#### What this task involves
Go through the listing beneath this task and return every line that carries the string "IsTrue".

⁂

//! Why reading stopped.

ghost use Rattle.std.specs.Prelude.{◌≡◌};
ghost use Rattle.group_parser.specs.declared.fault.ReadError.TheVariants.{NoMemory};

use query_tokens::Token;
use std::alloc::{AllocError, AllocFailed};

/// Why reading stopped. A place is given by how many tokens are left from it on.
#[derive(Clone, Copy, Debug, PartialEq, Eq)]
pub(crate) enum ReadError {
    /// An allocation failed.
    NoMemory,
    /// A token that can't stand here, or the end of the tokens.
    Unexpected(usize),
    /// One parenthesis too many.
    TooDeep(usize),
}

impl From<AllocError> for ReadError {
    ghost from_gives = { λ _ e. e ≡ NoMemory };

    fn from(_error: AllocError) -> ReadError {
        ReadError::NoMemory
    }
}

impl<T: Drop> From<AllocFailed<T>> for ReadError {
    ghost from_gives = { λ _ e. e ≡ NoMemory };

    fn from(_error: AllocFailed<T>) -> ReadError {
        ReadError::NoMemory
    }
}

/// What was read, and the tokens after it.
pub(crate) type Read<'a, T> = Result<(T, &'a [Token]), ReadError>;
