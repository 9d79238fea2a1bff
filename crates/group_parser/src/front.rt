//! How far tokens go as a query.

ghost use Rattle.std.specs.Prelude.{◌≡◌, ◌↔◌, ◌++◌, codes, IfOk, IsTrue};
ghost use Rattle.query_grammar.specs.Queries.{most_open};
ghost use Rattle.query_grammar.specs.Whole.{query_at};
ghost use Rattle.group_parser.specs.Views.{lexemes};
ghost use Rattle.group_parser.specs.Fronts.{read_of, IsFront, IsLongestFront};

use crate::fault::ReadError;
use crate::query::query;
use query_tokens::{Token, TokenError, tokens};
use std::alloc::{AllocError, Global};

/// How many tokens are read before reading stops.
fn count_read(alloc: Global, tokens: &[Token]) -> Result<usize, AllocError>
    ensures { IfOk result (λ count.
        count ≡ read_of (lexemes tokens.now) (query_at most_open (lexemes tokens.now))) }
{
    match query(alloc, tokens) {
        Ok(_) => Ok(tokens.len()),
        Err(ReadError::NoMemory) => Err(AllocError),
        Err(ReadError::Unexpected(left)) => Ok(tokens.len().saturating_sub(left)),
        Err(ReadError::TooDeep(left)) => Ok(tokens.len().saturating_sub(left)),
    }
}

/// How many of these tokens begin a query, from the left: all, if they are one or more can make them one. It fails only if memory runs out.
#[tactic(auto, using(crate::specs::Lemmas::FrontLaws::longest))]
pub fn count_begun(alloc: Global, tokens: &[Token]) -> Result<usize, AllocError>
    ensures { IfOk result (λ count. IsLongestFront most_open (lexemes tokens.now) count) }
{
    let count = count_read(alloc, tokens)?;
    Ok(count)
}

/// Whether a query begins with the tokens of a text: whether they are one, or more can make them one.
#[tactic(auto, using(crate::proofs::Fronts::is_front, crate::proofs::Fronts::is_begun, crate::proofs::Fronts::is_no_front))]
pub fn begins(alloc: Global, text: &str) -> Result<bool, AllocError>
    ensures { IfOk result (λ begins. IsTrue begins ↔ IsFront text.now) }
{
    match tokens(alloc, text) {
        Ok(found) => Ok(count_begun(alloc, &found)? == found.len()),
        Err(TokenError::NoMemory) => Err(AllocError),
        Err(TokenError::Fault(_)) => Ok(false),
    }
}

/// Whether a query goes on so behind the text of a front.
pub fn goes_on(alloc: Global, front: &str, next: &str) -> Result<bool, AllocError>
    ensures { IfOk result (λ goes_on. IsTrue goes_on ↔ IsFront (front.now ++ codes " " ++ next.now)) }
{
    let mut text = String::from_str(alloc, front)?;
    text.push_str(" ")?;
    text.push_str(next)?;
    begins(alloc, &text)
}
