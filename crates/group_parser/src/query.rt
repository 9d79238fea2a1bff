//! Reading a whole query.

ghost use Rattle.std.specs.Prelude.{◌≡◌, ◌<◌, ◌≤◌, [], map, option_map, IfOk, length, string_bytes, codes};
ghost use Rattle.query_checks.specs.Forms.{items_of};
ghost use Rattle.query_checks.specs.Arrangement.{asked_of};
ghost use Rattle.query_grammar.specs.Queries.{most_open};
ghost use Rattle.query_grammar.specs.Reading.{name_at};
ghost use Rattle.query_grammar.specs.Whole.{item_value_at, alias_or_none, alias_at, item_at, clause_at, keys_at, end_at, query_at};
ghost use Rattle.group_parser.specs.Views.{lexemes, condition_read, item_read, alias_read, Gives};

use crate::conditions::condition;
use crate::cursor::{after_symbol, after_word, expect_word, name};
use crate::fault::{Read, ReadError};
use crate::lists::{Listed, list};
use crate::operands::column_or_call;
use crate::order::order;
use grouping_model::limits::MAX_OPEN;
use having_filter::{Cond, Item, RawQuery};
use query_tokens::{Symbol, Token, Word, is_reserved};
use std::alloc::Global;

/// A column or a call.
#[tactic(auto, unfolding(query_grammar::specs::Whole::item_value_at))]
fn item_value<'a>(alloc: Global, tokens: &'a [Token]) -> Read<'a, Item<String>>
    ensures read { Gives (λ x. (item_read x.0, lexemes x.1.now)) result
        (item_value_at most_open (lexemes tokens.now)) }
    ensures shorter { IfOk result (λ x. length x.1.now < length tokens.now) }
{
    match tokens {
        [first, rest @ ..] => match &first.word {
            Word::Name(name) => {
                if is_reserved(name.as_str()) {
                    return Err(ReadError::Unexpected(tokens.len()));
                }
                column_or_call(alloc, name.as_str(), rest)
            }
            _ => Err(ReadError::Unexpected(tokens.len())),
        },
        _ => Err(ReadError::Unexpected(tokens.len())),
    }
}

/// A name, if one stands here.
#[tactic(auto, unfolding(query_grammar::specs::Whole::alias_or_none))]
fn bare_alias<'a>(alloc: Global, tokens: &'a [Token]) -> Read<'a, Option<String>>
    ensures read { Gives (λ x. (alias_read x.0, lexemes x.1.now)) result
        (alias_or_none (lexemes tokens.now)) }
    ensures shorter { IfOk result (λ x. length x.1.now ≤ length tokens.now) }
{
    match tokens {
        [first, rest @ ..] => match &first.word {
            Word::Name(name) => {
                if is_reserved(name.as_str()) {
                    return Ok((None, tokens));
                }
                Ok((Some(String::from_str(alloc, name.as_str())?), rest))
            }
            _ => Ok((None, tokens)),
        },
        _ => Ok((None, tokens)),
    }
}

/// The alias of an item, if it has one.
#[tactic(auto, unfolding(query_grammar::specs::Whole::alias_at))]
fn alias<'a>(alloc: Global, tokens: &'a [Token]) -> Read<'a, Option<String>>
    ensures read { Gives (λ x. (alias_read x.0, lexemes x.1.now)) result
        (alias_at (lexemes tokens.now)) }
    ensures shorter { IfOk result (λ x. length x.1.now ≤ length tokens.now) }
{
    if let Some(behind) = after_word(tokens, "as") {
        let (name, rest) = name(alloc, behind)?;
        return Ok((Some(name), rest));
    }
    bare_alias(alloc, tokens)
}

/// An item and its alias, if it has one.
impl Listed for (Item<String>, Option<String>) {
    ghost use Rattle.std.specs.Prelude.{ℕ, List, Option, length, ◌<◌};
    ghost use Rattle.query_grammar.specs.Grammar.{Named};
    ghost use Rattle.query_grammar.specs.Queries.{most_open};
    ghost use Rattle.query_grammar.specs.Whole.{item_at};
    ghost use Rattle.query_grammar.specs.Lemmas.Whole_locality.{items_stay};
    ghost use Rattle.group_parser.specs.Views.{item_read, alias_read};

    ghost Said = { Named × Option (List ℕ) };

    ghost said = { λ x. (item_read x.0, alias_read x.1) };

    ghost one_at = { item_at most_open };

    #[tactic(auto, unfolding(query_grammar::specs::Whole::item_at))]
    fn read<'a>(alloc: Global, tokens: &'a [Token]) -> Read<'a, (Item<String>, Option<String>)> {
        let (value, rest) = item_value(alloc, tokens)?;
        let (alias, rest) = alias(alloc, rest)?;
        Ok(((value, alias), rest))
    }

    ghost stays = { items_stay most_open };
}

/// The name of a column.
impl Listed for String {
    ghost use Rattle.std.specs.Prelude.{ℕ, List, string_bytes, length, ◌<◌};
    ghost use Rattle.query_grammar.specs.Reading.{name_at};
    ghost use Rattle.query_grammar.specs.Lemmas.Whole_locality.{names_stay};

    ghost Said = { List ℕ };

    ghost said = { string_bytes };

    ghost one_at = { name_at };

    fn read<'a>(alloc: Global, tokens: &'a [Token]) -> Read<'a, String> {
        name(alloc, tokens)
    }

    ghost stays = { names_stay };
}

/// The columns of GROUP BY, or none.
#[tactic(auto, unfolding(query_grammar::specs::Whole::keys_at))]
fn keys<'a>(alloc: Global, tokens: &'a [Token]) -> Read<'a, Vec<String>>
    ensures { Gives (λ x. (map string_bytes x.0.items, lexemes x.1.now)) result
        (keys_at (lexemes tokens.now)) }
{
    match after_word(tokens, "group") {
        Some(behind) => {
            let behind = expect_word(behind, "by")?;
            list(alloc, behind)
        }
        None => Ok((Vec::new(alloc), tokens)),
    }
}

/// A condition after this key word, or none.
#[tactic(auto, unfolding(query_grammar::specs::Whole::clause_at))]
fn clause<'a>(alloc: Global, word: &str, tokens: &'a [Token]) -> Read<'a, Option<Cond<String>>>
    ensures { Gives (λ x. (option_map condition_read x.0, lexemes x.1.now)) result
        (clause_at most_open word.now (lexemes tokens.now)) }
{
    match after_word(tokens, word) {
        Some(behind) => {
            let (found, rest) = condition(alloc, MAX_OPEN, behind)?;
            Ok((Some(found), rest))
        }
        None => Ok((None, tokens)),
    }
}

/// The end of a query: a semicolon or none, and no more tokens.
#[tactic(auto, unfolding(query_grammar::specs::Whole::end_at))]
fn end(tokens: &[Token]) -> Result<(), ReadError>
    ensures { Gives (λ _. (tt, [])) result (end_at (lexemes tokens.now)) }
{
    let rest = match after_symbol(tokens, Symbol::Semicolon) {
        Some(behind) => behind,
        None => tokens,
    };
    match rest {
        [] => Ok(()),
        _ => Err(ReadError::Unexpected(rest.len())),
    }
}

/// The query of tokens, all of them. It takes time linear in their number, and calls itself as deep as parentheses
/// and FILTERs are nested.
#[tactic(auto, unfolding(query_grammar::specs::Whole::query_at, query_grammar::specs::Arrangement::arrangement_at))]
pub(crate) fn query(alloc: Global, tokens: &[Token]) -> Result<RawQuery, ReadError>
    ensures { Gives (λ q. (asked_of q, [])) result (query_at most_open (lexemes tokens.now)) }
{
    let rest = expect_word(tokens, "select")?;
    let (items, rest) = list(alloc, rest)?;
    let rest = expect_word(rest, "from")?;
    let rest = expect_word(rest, "batches")?;
    let (condition, rest) = clause(alloc, "where", rest)?;
    let (keys, rest) = keys(alloc, rest)?;
    let (having, rest) = clause(alloc, "having", rest)?;
    let (order, rest) = order(alloc, rest)?;
    end(rest)?;
    Ok(RawQuery {
        items,
        condition,
        keys,
        having,
        order,
    })
}
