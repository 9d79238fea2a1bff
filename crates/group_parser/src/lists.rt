//! Lists between commas: the items of a query, the columns of GROUP BY, the terms of ORDER BY.

ghost use Rattle.std.specs.Prelude.{◌≡◌, ◌<◌, List, map, length, IfOk};
ghost use Rattle.query_tokens.specs.Words.{Lexeme};
ghost use Rattle.query_grammar.specs.Reading as reading;
ghost use Rattle.query_grammar.specs.Lists.{list_at};
ghost use Rattle.query_grammar.specs.Lemmas.Alike.{Stays};
ghost use Rattle.group_parser.specs.Views.{lexemes, Gives};

use crate::cursor::after_symbol;
use crate::fault::Read;
use query_tokens::{Symbol, Token};
use std::alloc::Global;

/// What stands in a list between commas.
pub(crate) trait Listed: Drop {
    // What the grammar has in its place, and how it reads one.
    ghost Said: { Type 0 };

    ghost said: { Self → Said };

    ghost one_at: { List Lexeme → reading.Read Said };

    /// Reads one from the front.
    fn read<'a>(alloc: Global, tokens: &'a [Token]) -> Read<'a, Self>
        ensures read { Gives (λ x. (said x.0, lexemes x.1.now)) result (one_at (lexemes tokens.now)) }
        ensures shorter { IfOk result (λ x. length x.1.now < length tokens.now) };

    // What is left is never more than there was.
    ghost stays: { Stays one_at };
}

/// One or more of them, separated by commas.
pub(crate) fn list<'a, T: Listed>(alloc: Global, tokens: &'a [Token]) -> Read<'a, Vec<T>>
    ensures read { Gives (λ x. (map T.said x.0.items, lexemes x.1.now)) result
        (list_at T.one_at (length (lexemes tokens.now)) (lexemes tokens.now)) }
    ensures shorter { IfOk result (λ x. length x.1.now < length tokens.now) }
{
    let (first, mut rest) = T::read(alloc, tokens)?;
    let mut found = Vec::new(alloc);
    found.push(first)?;
    while let Some(behind) = after_symbol(rest, Symbol::Comma) {
        let (more, next) = T::read(alloc, behind)?;
        found.push(more)?;
        rest = next;
    }
    Ok((found, rest))
}
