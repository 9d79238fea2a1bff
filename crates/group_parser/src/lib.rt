//! Reading a query's text, and writing it again.
#![tactic(auto)]

mod conditions;
mod cursor;
mod error;
mod fault;
mod front;
mod laws;
mod lists;
mod operands;
mod order;
mod parsing;
mod printing;
mod query;

pub use error::ParseError;
pub use front::{begins, count_begun, goes_on};
pub use laws::exactly_the_grammar;
pub use parsing::{parse, read};
pub use printing::print;
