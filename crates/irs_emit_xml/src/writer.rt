//! Elements as XML, appended to bytes. A tag round elements is a line of its own, and so is an element
//! with a text. A level is the number of elements round a line.
ghost use Rattle.std.specs.Prelude.{◌≡◌, ◌++◌, OnOk};
ghost use Rattle.irs_emit_xml.specs.Trees.{close_text, declared_text, end_tag_text, indent, leaf_text, open_text};
ghost use Rattle.irs_emit_xml.specs.Trees.{root_open_text};

use irs_base::Memory;

// Two spaces for each level.
fn indent(out: &mut Vec<u8>, level: u8) -> Result<(), Memory>
    ensures { OnOk result (out.new.items ≡ out.old.items ++ indent level) }
{
    for k in 0..level {
        out.extend_from_slice(b"  ")?;
    }
    Ok(())
}

// An end tag and the end of its line.
fn end_tag(out: &mut Vec<u8>, name: &str) -> Result<(), Memory>
    ensures { OnOk result (out.new.items ≡ out.old.items ++ end_tag_text name.now) }
{
    out.extend_from_slice(b"</")?;
    out.extend_from_slice(name.as_bytes())?;
    out.extend_from_slice(b">\n")?;
    Ok(())
}

/// Appends the start tag of an element that has elements.
pub(crate) fn open_tag(out: &mut Vec<u8>, level: u8, name: &str) -> Result<(), Memory>
    ensures { OnOk result (out.new.items ≡ out.old.items ++ open_text level name.now) }
{
    indent(out, level)?;
    out.extend_from_slice(b"<")?;
    out.extend_from_slice(name.as_bytes())?;
    out.extend_from_slice(b">\n")?;
    Ok(())
}

/// Appends the end tag of an element that has elements.
pub(crate) fn close_tag(out: &mut Vec<u8>, level: u8, name: &str) -> Result<(), Memory>
    ensures { OnOk result (out.new.items ≡ out.old.items ++ close_text level name.now) }
{
    indent(out, level)?;
    end_tag(out, name)?;
    Ok(())
}

/// Appends an element that has a text, which needs no escape.
pub(crate) fn leaf(out: &mut Vec<u8>, level: u8, name: &str, text: &[u8]) -> Result<(), Memory>
    ensures { OnOk result (out.new.items ≡ out.old.items ++ leaf_text level name.now text.now) }
{
    indent(out, level)?;
    out.extend_from_slice(b"<")?;
    out.extend_from_slice(name.as_bytes())?;
    out.extend_from_slice(b">")?;
    out.extend_from_slice(text)?;
    end_tag(out, name)?;
    Ok(())
}

/// Appends the XML declaration and the start tag of the root, in the namespace of FpML.
#[tactic(auto, unfolding(crate::specs::Trees::declared_text, crate::specs::Trees::namespace_text))]
pub(crate) fn begin(out: &mut Vec<u8>, name: &str) -> Result<(), Memory>
    ensures { OnOk result (out.new.items ≡ out.old.items ++ (declared_text ++ root_open_text name.now)) }
{
    out.extend_from_slice(b"<?xml version=\"1.0\" encoding=\"UTF-8\"?>\n<")?;
    out.extend_from_slice(name.as_bytes())?;
    out.extend_from_slice(b" xmlns=\"http://www.fpml.org/FpML-5/confirmation\">\n")?;
    Ok(())
}
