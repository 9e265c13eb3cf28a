//! The rows of cash flows as elements of FpML, fields in the order of its schema. A field that isn't known
//! isn't there.
ghost use Rattle.std.specs.Prelude.{◌≡◌, ◌++◌, ◌≤◌, ◌<ℤ◌, IfSome, OnOk, option_map, pos};
ghost use Rattle.irs_base.specs.Texts.{most_places};
ghost use Rattle.irs_emit_xml.specs.Flows.{definition_node, exchange_node, forecast_node, observation_node};
ghost use Rattle.irs_emit_xml.specs.Flows.{front_content, period_node, rate_content};
ghost use Rattle.irs_emit_xml.specs.Private.Flows.{lines};
ghost use Rattle.irs_emit_xml.specs.Trees.{node_text};
ghost use Rattle.irs_schedule.specs.RowsOf.{IsFew};

use crate::leaves::{amount, count, currency, day, fraction, known_amount, known_rate, notional};
use crate::writer::{close_tag, open_tag};
use irs_base::Memory;
use irs_schedule::{CalculationPeriod, PaymentEntry};
use irs_terms::{Currency, Exchange, Reset};

/// The level of a principal exchange.
const EXCHANGE: u8 = 3;

/// The level of a calculation period, and of the amount of a payment.
const PERIOD: u8 = 4;

/// The level of the definition of a floating rate.
const DEFINITION: u8 = 5;

/// The level of the observation of a rate.
const OBSERVATION: u8 = 6;

/// A principal exchange.
#[tactic(auto, unfolding(crate::specs::Flows::exchange_node))]
pub(crate) fn exchange(out: &mut Vec<u8>, x: &Exchange) -> Result<(), Memory>
    requires { x.now.amount.places ≤ most_places }
    ensures { OnOk result (out.new.items ≡ out.old.items ++ node_text 3 (exchange_node x.now)) }
{
    let fields = EXCHANGE + 1;
    open_tag(out, EXCHANGE, "principalExchange")?;
    day(out, fields, "unadjustedPrincipalExchangeDate", x.unadjusted)?;
    day(out, fields, "adjustedPrincipalExchangeDate", x.adjusted)?;
    amount(out, fields, "principalExchangeAmount", x.amount)?;
    close_tag(out, EXCHANGE, "principalExchange")?;
    Ok(())
}

/// The amount of a payment, in the currency of its stream.
#[tactic(auto, unfolding(crate::specs::Flows::forecast_node))]
pub(crate) fn forecast(out: &mut Vec<u8>, of: Currency, y: &PaymentEntry) -> Result<(), Memory>
    requires { IfSome y.now.amount IsFew }
    ensures { OnOk result (out.new.items ≡ out.old.items ++ node_text 4 (forecast_node of y.now)) }
{
    let fields = PERIOD + 1;
    open_tag(out, PERIOD, "forecastPaymentAmount")?;
    currency(out, fields, "currency", of)?;
    known_amount(out, fields, "amount", y.amount)?;
    close_tag(out, PERIOD, "forecastPaymentAmount")?;
    Ok(())
}

// A reset, with its rate where that is known.
#[tactic(auto, unfolding(crate::specs::Flows::observation_node))]
fn observation(out: &mut Vec<u8>, r: &Reset) -> Result<(), Memory>
    ensures { OnOk result (out.new.items ≡ out.old.items ++ node_text 6 (observation_node r.now)) }
{
    let fields = OBSERVATION + 1;
    open_tag(out, OBSERVATION, "rateObservation")?;
    day(out, fields, "resetDate", r.reset)?;
    day(out, fields, "adjustedFixingDate", r.fixing)?;
    known_rate(out, fields, "observedRate", r.observed)?;
    close_tag(out, OBSERVATION, "rateObservation")?;
    Ok(())
}

// The rate of a period and its reset.
#[tactic(auto, unfolding(crate::specs::Flows::definition_node))]
fn definition(out: &mut Vec<u8>, x: &CalculationPeriod, r: &Reset) -> Result<(), Memory>
    ensures { OnOk result (out.new.items ≡ out.old.items ++ node_text 5 (definition_node x.now r.now)) }
{
    open_tag(out, DEFINITION, "floatingRateDefinition")?;
    known_rate(out, DEFINITION + 1, "calculatedRate", x.rate)?;
    observation(out, r)?;
    close_tag(out, DEFINITION, "floatingRateDefinition")?;
    Ok(())
}

// The rate of a period, with its reset on a floating stream.
fn rate(out: &mut Vec<u8>, x: &CalculationPeriod, reset: Option<&Reset>) -> Result<(), Memory>
    ensures { OnOk result (out.new.items ≡ out.old.items
        ++ lines 5 (rate_content x.now (option_map (λ r. r.now) reset.entry))) }
{
    match reset {
        Some(r) => {
            definition(out, x, r)?;
            Ok(())
        },
        None => known_rate(out, DEFINITION, "fixedRate", x.rate),
    }
}

// What comes before the rate of a period: its dates, days and notional.
fn front(out: &mut Vec<u8>, x: &CalculationPeriod) -> Result<(), Memory>
    ensures { OnOk result (out.new.items ≡ out.old.items ++ lines 5 (front_content x.now)) }
{
    let fields = PERIOD + 1;
    day(out, fields, "unadjustedStartDate", x.start)?;
    day(out, fields, "unadjustedEndDate", x.end)?;
    day(out, fields, "adjustedStartDate", x.adjusted_start)?;
    day(out, fields, "adjustedEndDate", x.adjusted_end)?;
    count(out, fields, "calculationPeriodNumberOfDays", x.days)?;
    notional(out, fields, "notionalAmount", x.notional)?;
    Ok(())
}

/// A calculation period, with its reset on a floating stream.
#[tactic(auto, unfolding(crate::specs::Flows::period_node))]
pub(crate) fn period(
    out: &mut Vec<u8>,
    x: &CalculationPeriod,
    reset: Option<&Reset>,
) -> Result<(), Memory>
    requires { pos 0 <ℤ x.now.frac.den }
    ensures { OnOk result (out.new.items ≡ out.old.items
        ++ node_text 4 (period_node x.now (option_map (λ r. r.now) reset.entry))) }
{
    open_tag(out, PERIOD, "calculationPeriod")?;
    front(out, x)?;
    rate(out, x, reset)?;
    fraction(out, PERIOD + 1, "dayCountYearFraction", x.frac)?;
    close_tag(out, PERIOD, "calculationPeriod")?;
    Ok(())
}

⁂

#### Answer to the exercise
ghost use Rattle.std.specs.Prelude.{◌≡◌, ◌↔◌, ◌++◌, codes, IfOk, IsTrue};
    ensures { IfOk result (λ begins. IsTrue begins ↔ IsFront text.now) }
    ensures { IfOk result (λ goes_on. IsTrue goes_on ↔ IsFront (front.now ++ codes " " ++ next.now)) }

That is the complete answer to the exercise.